Stored data entries
[Start of section]

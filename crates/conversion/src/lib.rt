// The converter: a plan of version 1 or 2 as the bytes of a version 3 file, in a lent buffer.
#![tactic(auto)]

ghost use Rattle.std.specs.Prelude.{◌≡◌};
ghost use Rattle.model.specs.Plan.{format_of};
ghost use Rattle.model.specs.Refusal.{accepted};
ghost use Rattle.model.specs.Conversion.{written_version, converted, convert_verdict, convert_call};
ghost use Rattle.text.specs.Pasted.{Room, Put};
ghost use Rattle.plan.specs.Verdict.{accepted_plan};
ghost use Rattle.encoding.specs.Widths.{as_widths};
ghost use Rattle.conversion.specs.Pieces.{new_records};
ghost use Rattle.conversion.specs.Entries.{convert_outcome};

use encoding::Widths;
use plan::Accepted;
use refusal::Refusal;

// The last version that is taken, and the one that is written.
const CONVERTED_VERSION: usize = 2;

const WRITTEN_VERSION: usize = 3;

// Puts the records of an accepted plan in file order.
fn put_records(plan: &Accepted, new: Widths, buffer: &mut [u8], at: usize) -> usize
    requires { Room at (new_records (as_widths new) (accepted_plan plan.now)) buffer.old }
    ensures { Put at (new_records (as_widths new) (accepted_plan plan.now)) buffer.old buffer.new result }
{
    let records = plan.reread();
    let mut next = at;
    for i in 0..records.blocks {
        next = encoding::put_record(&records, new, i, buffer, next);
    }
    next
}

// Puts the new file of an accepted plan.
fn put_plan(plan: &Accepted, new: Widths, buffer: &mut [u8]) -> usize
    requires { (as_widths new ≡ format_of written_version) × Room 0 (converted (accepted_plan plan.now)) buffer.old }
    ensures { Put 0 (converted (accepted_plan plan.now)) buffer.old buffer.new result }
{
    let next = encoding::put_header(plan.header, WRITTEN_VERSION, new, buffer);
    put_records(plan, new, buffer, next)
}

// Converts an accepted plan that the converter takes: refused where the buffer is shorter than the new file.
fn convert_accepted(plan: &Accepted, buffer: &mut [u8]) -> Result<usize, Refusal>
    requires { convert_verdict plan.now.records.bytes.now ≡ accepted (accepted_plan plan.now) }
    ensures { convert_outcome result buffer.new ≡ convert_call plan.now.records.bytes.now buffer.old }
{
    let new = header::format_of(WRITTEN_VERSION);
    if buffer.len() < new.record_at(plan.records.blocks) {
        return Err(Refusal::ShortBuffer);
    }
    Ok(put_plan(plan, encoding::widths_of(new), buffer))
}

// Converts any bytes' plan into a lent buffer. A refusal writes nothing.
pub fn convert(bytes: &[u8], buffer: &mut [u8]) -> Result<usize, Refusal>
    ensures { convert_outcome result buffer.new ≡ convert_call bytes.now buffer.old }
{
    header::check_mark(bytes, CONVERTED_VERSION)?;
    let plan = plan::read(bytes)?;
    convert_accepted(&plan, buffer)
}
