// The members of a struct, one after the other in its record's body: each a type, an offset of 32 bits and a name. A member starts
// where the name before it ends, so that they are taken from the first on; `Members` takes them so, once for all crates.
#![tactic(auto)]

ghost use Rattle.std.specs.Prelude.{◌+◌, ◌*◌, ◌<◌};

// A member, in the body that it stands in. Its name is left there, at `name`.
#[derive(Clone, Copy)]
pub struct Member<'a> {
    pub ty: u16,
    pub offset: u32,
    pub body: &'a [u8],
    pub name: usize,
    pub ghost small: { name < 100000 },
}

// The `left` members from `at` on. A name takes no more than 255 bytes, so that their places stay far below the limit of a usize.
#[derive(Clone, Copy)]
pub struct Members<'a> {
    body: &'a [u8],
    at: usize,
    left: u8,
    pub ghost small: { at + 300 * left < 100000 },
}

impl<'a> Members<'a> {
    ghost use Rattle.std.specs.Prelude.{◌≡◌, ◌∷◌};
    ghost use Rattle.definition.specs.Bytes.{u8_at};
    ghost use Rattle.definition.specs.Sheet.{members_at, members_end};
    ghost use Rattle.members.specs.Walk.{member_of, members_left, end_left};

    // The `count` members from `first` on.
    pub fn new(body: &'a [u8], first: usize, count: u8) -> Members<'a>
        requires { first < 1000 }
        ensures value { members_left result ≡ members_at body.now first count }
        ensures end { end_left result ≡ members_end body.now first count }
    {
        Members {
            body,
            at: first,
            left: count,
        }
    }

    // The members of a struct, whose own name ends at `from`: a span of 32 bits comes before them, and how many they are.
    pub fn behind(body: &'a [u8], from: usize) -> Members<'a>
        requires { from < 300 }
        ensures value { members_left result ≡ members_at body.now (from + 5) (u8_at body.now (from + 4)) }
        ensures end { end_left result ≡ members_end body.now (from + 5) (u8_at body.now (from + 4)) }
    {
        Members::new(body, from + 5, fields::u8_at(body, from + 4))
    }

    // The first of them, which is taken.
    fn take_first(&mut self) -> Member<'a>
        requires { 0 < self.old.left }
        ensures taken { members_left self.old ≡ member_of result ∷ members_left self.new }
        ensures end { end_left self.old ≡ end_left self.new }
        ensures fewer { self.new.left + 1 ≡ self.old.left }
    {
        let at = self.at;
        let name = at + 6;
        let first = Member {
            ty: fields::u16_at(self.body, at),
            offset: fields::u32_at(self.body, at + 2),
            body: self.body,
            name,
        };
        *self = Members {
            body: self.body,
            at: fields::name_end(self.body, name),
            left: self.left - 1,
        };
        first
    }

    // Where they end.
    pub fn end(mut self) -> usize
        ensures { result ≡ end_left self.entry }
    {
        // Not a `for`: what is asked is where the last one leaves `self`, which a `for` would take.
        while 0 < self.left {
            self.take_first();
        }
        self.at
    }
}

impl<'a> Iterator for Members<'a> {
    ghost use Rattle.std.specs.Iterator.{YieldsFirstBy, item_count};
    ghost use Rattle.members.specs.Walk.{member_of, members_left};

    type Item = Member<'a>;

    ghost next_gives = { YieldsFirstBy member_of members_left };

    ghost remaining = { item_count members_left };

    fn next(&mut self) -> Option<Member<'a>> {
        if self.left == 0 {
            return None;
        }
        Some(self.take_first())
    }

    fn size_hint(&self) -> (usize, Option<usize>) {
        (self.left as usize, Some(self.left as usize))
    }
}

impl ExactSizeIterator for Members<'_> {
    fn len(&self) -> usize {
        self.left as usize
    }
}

[End of section]

DESCRIPTION OF THE TASK:
Print every entry exactly as written.

WORKED SOLUTION:
filename crates/conversion/src/lib.rt
// The converter: a plan of version 1 or 2 as the bytes of a version 3 file, in a lent buffer.
#![tactic(auto)]

ghost use Rattle.std.specs.Prelude.{◌≡◌};
ghost use Rattle.model.specs.Plan.{format_of};
ghost use Rattle.model.specs.Refusal.{accepted};
ghost use Rattle.model.specs.Conversion.{written_version, converted, convert_verdict, convert_call};
ghost use Rattle.text.specs.Pasted.{Room, Put};
ghost use Rattle.plan.specs.Verdict.{accepted_plan};
ghost use Rattle.encoding.specs.Widths.{as_widths};
ghost use Rattle.conversion.specs.Pieces.{new_records};
ghost use Rattle.conversion.specs.Entries.{convert_outcome};

use encoding::Widths;
use plan::Accepted;
use refusal::Refusal;

// The last version that is taken, and the one that is written.
const CONVERTED_VERSION: usize = 2;

const WRITTEN_VERSION: usize = 3;

// Puts the records of an accepted plan in file order.
fn put_records(plan: &Accepted, new: Widths, buffer: &mut [u8], at: usize) -> usize
    requires { Room at (new_records (as_widths new) (accepted_plan plan.now)) buffer.old }
    ensures { Put at (new_records (as_widths new) (accepted_plan plan.now)) buffer.old buffer.new result }
{
    let records = plan.reread();
    let mut next = at;
    for i in 0..records.blocks {
        next = encoding::put_record(&records, new, i, buffer, next);
    }
    next
}

// Puts the new file of an accepted plan.
fn put_plan(plan: &Accepted, new: Widths, buffer: &mut [u8]) -> usize
    requires { (as_widths new ≡ format_of written_version) × Room 0 (converted (accepted_plan plan.now)) buffer.old }
    ensures { Put 0 (converted (accepted_plan plan.now)) buffer.old buffer.new result }
{
    let next = encoding::put_header(plan.header, WRITTEN_VERSION, new, buffer);
    put_records(plan, new, buffer, next)
}

// Converts an accepted plan that the converter takes: refused where the buffer is shorter than the new file.
fn convert_accepted(plan: &Accepted, buffer: &mut [u8]) -> Result<usize, Refusal>
    requires { convert_verdict plan.now.records.bytes.now ≡ accepted (accepted_plan plan.now) }
    ensures { convert_outcome result buffer.new ≡ convert_call plan.now.records.bytes.now buffer.old }
{
    let new = header::format_of(WRITTEN_VERSION);
    if buffer.len() < new.record_at(plan.records.blocks) {
        return Err(Refusal::ShortBuffer);
    }
    Ok(put_plan(plan, encoding::widths_of(new), buffer))
}

// Converts any bytes' plan into a lent buffer. A refusal writes nothing.
pub fn convert(bytes: &[u8], buffer: &mut [u8]) -> Result<usize, Refusal>
    ensures { convert_outcome result buffer.new ≡ convert_call bytes.now buffer.old }
{
    header::check_mark(bytes, CONVERTED_VERSION)?;
    let plan = plan::read(bytes)?;
    convert_accepted(&plan, buffer)
}
// The members of a struct, one after the other in its record's body: each a type, an offset of 32 bits and a name. A member starts
// where the name before it ends, so that they are taken from the first on; `Members` takes them so, once for all crates.
#![tactic(auto)]

ghost use Rattle.std.specs.Prelude.{◌+◌, ◌*◌, ◌<◌};

// A member, in the body that it stands in. Its name is left there, at `name`.
#[derive(Clone, Copy)]
pub struct Member<'a> {
    pub ty: u16,
    pub offset: u32,
    pub body: &'a [u8],
    pub name: usize,
    pub ghost small: { name < 100000 },
}

// The `left` members from `at` on. A name takes no more than 255 bytes, so that their places stay far below the limit of a usize.
#[derive(Clone, Copy)]
pub struct Members<'a> {
    body: &'a [u8],
    at: usize,
    left: u8,
    pub ghost small: { at + 300 * left < 100000 },
}

impl<'a> Members<'a> {
    ghost use Rattle.std.specs.Prelude.{◌≡◌, ◌∷◌};
    ghost use Rattle.definition.specs.Bytes.{u8_at};
    ghost use Rattle.definition.specs.Sheet.{members_at, members_end};
    ghost use Rattle.members.specs.Walk.{member_of, members_left, end_left};

    // The `count` members from `first` on.
    pub fn new(body: &'a [u8], first: usize, count: u8) -> Members<'a>
        requires { first < 1000 }
        ensures value { members_left result ≡ members_at body.now first count }
        ensures end { end_left result ≡ members_end body.now first count }
    {
        Members {
            body,
            at: first,
            left: count,
        }
    }

    // The members of a struct, whose own name ends at `from`: a span of 32 bits comes before them, and how many they are.
    pub fn behind(body: &'a [u8], from: usize) -> Members<'a>
        requires { from < 300 }
        ensures value { members_left result ≡ members_at body.now (from + 5) (u8_at body.now (from + 4)) }
        ensures end { end_left result ≡ members_end body.now (from + 5) (u8_at body.now (from + 4)) }
    {
        Members::new(body, from + 5, fields::u8_at(body, from + 4))
    }

    // The first of them, which is taken.
    fn take_first(&mut self) -> Member<'a>
        requires { 0 < self.old.left }
        ensures taken { members_left self.old ≡ member_of result ∷ members_left self.new }
        ensures end { end_left self.old ≡ end_left self.new }
        ensures fewer { self.new.left + 1 ≡ self.old.left }
    {
        let at = self.at;
        let name = at + 6;
        let first = Member {
            ty: fields::u16_at(self.body, at),
            offset: fields::u32_at(self.body, at + 2),
            body: self.body,
            name,
        };
        *self = Members {
            body: self.body,
            at: fields::name_end(self.body, name),
            left: self.left - 1,
        };
        first
    }

    // Where they end.
    pub fn end(mut self) -> usize
        ensures { result ≡ end_left self.entry }
    {
        // Not a `for`: what is asked is where the last one leaves `self`, which a `for` would take.
        while 0 < self.left {
            self.take_first();
        }
        self.at
    }
}

impl<'a> Iterator for Members<'a> {
    ghost use Rattle.std.specs.Iterator.{YieldsFirstBy, item_count};
    ghost use Rattle.members.specs.Walk.{member_of, members_left};

    type Item = Member<'a>;

    ghost next_gives = { YieldsFirstBy member_of members_left };

    ghost remaining = { item_count members_left };

    fn next(&mut self) -> Option<Member<'a>> {
        if self.left == 0 {
            return None;
        }
        Some(self.take_first())
    }

    fn size_hint(&self) -> (usize, Option<usize>) {
        (self.left as usize, Some(self.left as usize))
    }
}

impl ExactSizeIterator for Members<'_> {
    fn len(&self) -> usize {
        self.left as usize
    }
}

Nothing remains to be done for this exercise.